A hot cup of tea could do horrible damage to a young child and the fact that he thinks a 1 year old could learn to avoid one rather than moving it out of reach is ridiculous.

Muddlingalongsomehow · 28/09/2025 18:37

I suffered for over 40 years with a spiteful, malicious, manipulative MIL and BIL (FIL, a good man, died early in our relationship). Against that background, please put your foot down now. Set your boundaries now, with them and your husband. I would be a very different person had I not spent most of my adult life trying so hard, bending my head, ignoring it all for the sake of my husband and a quiet life. It is not about joint ownership - this is nonsense. All the family must feel safe and comfortable and respected in their home, not on edge. And nobody's wishes should override that. That's paramount.

And this can put a lot of strain on an otherwise good marriage. When you realise your husband would throw you under a bus rather than take responsibility for addressing you being treated badly...

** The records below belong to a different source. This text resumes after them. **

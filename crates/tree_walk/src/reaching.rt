//! Which keys a commit needs, found object by object: each directory and each file is gone over once.
ghost use Rattle.std.specs.Prelude.{◌≡◌, true, false, IfOk, None, Some, ⊤};
ghost use Rattle.ids.specs.Key.{Objects};
ghost use Rattle.object_graph.specs.Reached.{entry_keys, own_keys};
ghost use Rattle.object_graph.specs.Traversal.{IsComplete, needs, walk_commit, walk_file_at};
ghost use Rattle.object_store.specs.StoreView.{objects_of};
ghost use Rattle.tree_walk.specs.Reaching.{MeetsBlocks, Reaches, ReachesAll};
ghost use Rattle.tree_walk.specs.Reading.{Answers, Reads};
ghost use Rattle.tree_walk.specs.Steps.{directory_step, entries_step, entry_step};
ghost use Rattle.tree_walk.specs.Trail.{names_of};
ghost use Rattle.tree_walk.specs.Visits.{with_blocks_met};

use crate::checking::check;
use crate::fault::WalkFault;
use crate::file::file_at;
use crate::known_trees::Known;
use crate::met::Met;
use crate::name_order::in_name_order;
use crate::reading::{block_key, commit_at, commit_key, fs_at, fs_key};
use crate::trail::{Trail, path_of};
use fs_objects::{Dirent, FsObject, is_directory_mode};
use ids::{KeyList, ObjId};
use object_store::{Shelf, Store, StoreFault};
use std::alloc::{AllocError, Global};
use tree_model::MAX_NAMES;

/// The keys that a commit needs, each once, in the order of first visit.
///
/// The first fault in the order of the traversal is answered. Blocks are looked up and not read.
pub fn needs<S: Shelf>(
    alloc: Global,
    store: &mut Store<S>,
    commit: ObjId,
) -> Result<KeyList, WalkFault>
    ensures value { (objects : Objects) → objects_of S.contents store.old ≡ Some objects
        → Answers objects (walk_commit objects commit).fault (λ keys. keys ≡ needs objects commit) result }
    ensures stays { Reads S.contents S.may_give S.texts S.faults store.old store.new result }
{
    match check_anew(alloc, store, commit) {
        Ok(()) => {}
        Err(fault) => return Err(fault),
    }
    match reached(alloc, store, true, commit) {
        Ok(keys) => Ok(keys),
        Err(fault) => Err(fault),
    }
}

/// Whether a commit is whole, where nothing is known.
fn check_anew<S: Shelf>(alloc: Global, store: &mut Store<S>, commit: ObjId) -> Result<(), WalkFault>
    ensures value { (objects : Objects) → objects_of S.contents store.old ≡ Some objects
        → Answers objects (walk_commit objects commit).fault (λ done. ⊤) result }
    ensures stays { Reads S.contents S.may_give S.texts S.faults store.old store.new result }
{
    let mut known = Known::new(alloc);
    check(alloc, store, &mut known, commit)
}

/// The keys that a complete commit needs, all or all but blocks, each once, in the order of first visit.
///
/// Without blocks no file is read.
pub(crate) fn reached<S: Shelf>(
    alloc: Global,
    store: &mut Store<S>,
    blocks: bool,
    commit: ObjId,
) -> Result<KeyList, WalkFault>
    ensures value { (objects : Objects) → objects_of S.contents store.old ≡ Some objects → IsComplete objects commit → ReachesAll blocks objects commit result }
    ensures stays { Reads S.contents S.may_give S.texts S.faults store.old store.new result }
{
    let id = &commit;
    let met = Met::new(alloc).visit(&commit_key(id))?;
    let root = match commit_at(alloc, store, *id) {
        Ok(commit) => commit.root,
        Err(fault) => return Err(fault),
    };
    match reach_directory(
        alloc,
        store,
        blocks,
        &Trail::Root,
        &root,
        MAX_NAMES as u32,
        met,
    ) {
        Ok(met) => Ok(met.into_keys()),
        Err(fault) => Err(fault),
    }
}

/// Goes over a directory and what lies below it, unless it is finished.
#[cycle(reaching)]
fn reach_directory<S: Shelf>(
    alloc: Global,
    store: &mut Store<S>,
    blocks: bool,
    trail: &Trail<'_>,
    id: &ObjId,
    room: u32,
    met: Met,
) -> Result<Met, WalkFault>
    ensures value { (objects : Objects) → objects_of S.contents store.old ≡ Some objects
        → Reaches blocks objects (directory_step true objects room (names_of trail.now) id.now) (own_keys id.now) met result }
    ensures stays { Reads S.contents S.may_give S.texts S.faults store.old store.new result }
{
    if id.is_nil() {
        return Ok(met);
    }
    if met.is_done(&fs_key(id)) {
        return Ok(met);
    }
    let met = met.visit(&fs_key(id))?;
    let object = match fs_at(alloc, store, id) {
        Ok(object) => object,
        Err(fault) => return Err(fault),
    };
    let directory = match object {
        FsObject::File(_) => return Err(WalkFault::WrongKind(*id)),
        FsObject::Dir(directory) => directory,
    };
    let entries = match in_name_order(alloc, directory) {
        Ok(entries) => entries,
        Err(_) => return Err(WalkFault::Store(StoreFault::NoMemory)),
    };
    let met = match reach_entries(alloc, store, blocks, trail, entries.as_slice(), room, met) {
        Ok(met) => met,
        Err(fault) => return Err(fault),
    };
    match met.finish(&fs_key(id)) {
        Ok(met) => Ok(met),
        Err(_) => Err(WalkFault::Store(StoreFault::NoMemory)),
    }
}

/// Goes over each of these entries, and what lies below it.
#[cycle(reaching)]
fn reach_entries<S: Shelf>(
    alloc: Global,
    store: &mut Store<S>,
    blocks: bool,
    trail: &Trail<'_>,
    entries: &[Dirent],
    room: u32,
    met: Met,
) -> Result<Met, WalkFault>
    ensures value { (objects : Objects) → objects_of S.contents store.old ≡ Some objects
        → Reaches blocks objects (entries_step true objects room (names_of trail.now) entries.now) (entry_keys entries.now) met result }
    ensures stays { Reads S.contents S.may_give S.texts S.faults store.old store.new result }
{
    let mut met = met;
    for entry in entries {
        met = match reach_entry(alloc, store, blocks, trail, entry, room, met) {
            Ok(met) => met,
            Err(fault) => return Err(fault),
        };
    }
    Ok(met)
}

/// Goes over an entry, and what lies below it.
#[cycle(reaching)]
fn reach_entry<S: Shelf>(
    alloc: Global,
    store: &mut Store<S>,
    blocks: bool,
    trail: &Trail<'_>,
    entry: &Dirent,
    room: u32,
    met: Met,
) -> Result<Met, WalkFault>
    ensures value { (objects : Objects) → objects_of S.contents store.old ≡ Some objects
        → Reaches blocks objects (entry_step true objects room (names_of trail.now) entry.now) (own_keys entry.now.id) met result }
    ensures stays { Reads S.contents S.may_give S.texts S.faults store.old store.new result }
{
    let below = &Trail::Below(trail, &entry.name);
    if room == 0 {
        return Err(WalkFault::TooDeep(path_of(alloc, below)?));
    }
    if is_directory_mode(entry.mode) {
        reach_directory(alloc, store, blocks, below, &entry.id, room - 1, met)
    } else {
        reach_file(alloc, store, blocks, &entry.id, met)
    }
}

/// Goes over a file and its blocks, unless it is finished.
fn reach_file<S: Shelf>(
    alloc: Global,
    store: &mut Store<S>,
    blocks: bool,
    id: &ObjId,
    met: Met,
) -> Result<Met, WalkFault>
    ensures value { (objects : Objects) → objects_of S.contents store.old ≡ Some objects
        → Reaches blocks objects (walk_file_at objects id.now) (own_keys id.now) met result }
    ensures stays { Reads S.contents S.may_give S.texts S.faults store.old store.new result }
{
    if id.is_nil() {
        return Ok(met);
    }
    if met.is_done(&fs_key(id)) {
        return Ok(met);
    }
    let met = met.visit(&fs_key(id))?;
    let met = match reach_blocks(alloc, store, blocks, id, met) {
        Ok(met) => met,
        Err(fault) => return Err(fault),
    };
    match met.finish(&fs_key(id)) {
        Ok(met) => Ok(met),
        Err(_) => Err(WalkFault::Store(StoreFault::NoMemory)),
    }
}

/// Visits the blocks of a file, where blocks are gone over.
fn reach_blocks<S: Shelf>(
    alloc: Global,
    store: &mut Store<S>,
    blocks: bool,
    id: &ObjId,
    met: Met,
) -> Result<Met, WalkFault>
    ensures value { (objects : Objects) → objects_of S.contents store.old ≡ Some objects → MeetsBlocks blocks objects id.now met result }
    ensures stays { Reads S.contents S.may_give S.texts S.faults store.old store.new result }
{
    if !blocks {
        return Ok(met);
    }
    let file = match file_at(alloc, store, id) {
        Ok(file) => file,
        Err(fault) => return Err(fault),
    };
    match visit_blocks(met, file.blocks.slice()) {
        Ok(met) => Ok(met),
        Err(_) => Err(WalkFault::Store(StoreFault::NoMemory)),
    }
}

/// Visits blocks.
fn visit_blocks(met: Met, blocks: &[ObjId]) -> Result<Met, AllocError>
    ensures value { IfOk result (λ later. later ≡ with_blocks_met blocks.now met) }
{
    let mut met = met;
    for block in blocks {
        met = met.visit(&block_key(block))?;
    }
    Ok(met)
}
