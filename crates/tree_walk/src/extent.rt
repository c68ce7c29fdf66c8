//! How much lies below a directory.
ghost use Rattle.std.specs.Prelude.{◌≡◌, ◌≤◌, ◌+◌, ◌<◌};
ghost use Rattle.tree_model.specs.declared.limits.TheConstants.{MAX_NAMES, MAX_PATHS};
ghost use Rattle.tree_walk.specs.Extent.{joined, with_entry};

/// The number of paths below a directory, and the greatest number of names that one of them has below it.
#[derive(Clone, Copy, Debug, PartialEq, Eq)]
pub struct Extent {
    pub paths: u64,
    pub deep: u32,
}

/// What stands at two places.
pub fn joined(one: Extent, more: Extent) -> Extent
    requires fits { one.paths + more.paths ≤ MAX_PATHS }
    ensures value { result ≡ joined one more }
{
    Extent {
        paths: one.paths + more.paths,
        deep: one.deep.max(more.deep),
    }
}

/// An entry, and what lies below it.
pub fn with_entry(below: Extent) -> Extent
    requires fits { below.paths < MAX_PATHS }
    requires room { below.deep < MAX_NAMES }
    ensures value { result ≡ with_entry below }
{
    Extent {
        paths: below.paths + 1,
        deep: below.deep + 1,
    }
}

pikkumyy77 · 28/09/2025 18:43

Spinmerightroundbaby · 28/09/2025 18:29

I don’t think he should have shouted at you but it is a generational difference. Personally I agree it’s sensible to move hot drinks and warn children, but he’s from a different generation. I hate to say it but I’m guessing there may be a back story here where perhaps you’ve been OTT about safety and he’s lost his cool (excuse the pun) over something which is common sense.

Hello? Im 65 and wouldn’t shout at an in law, or in front of small children. Generational divide my left foot.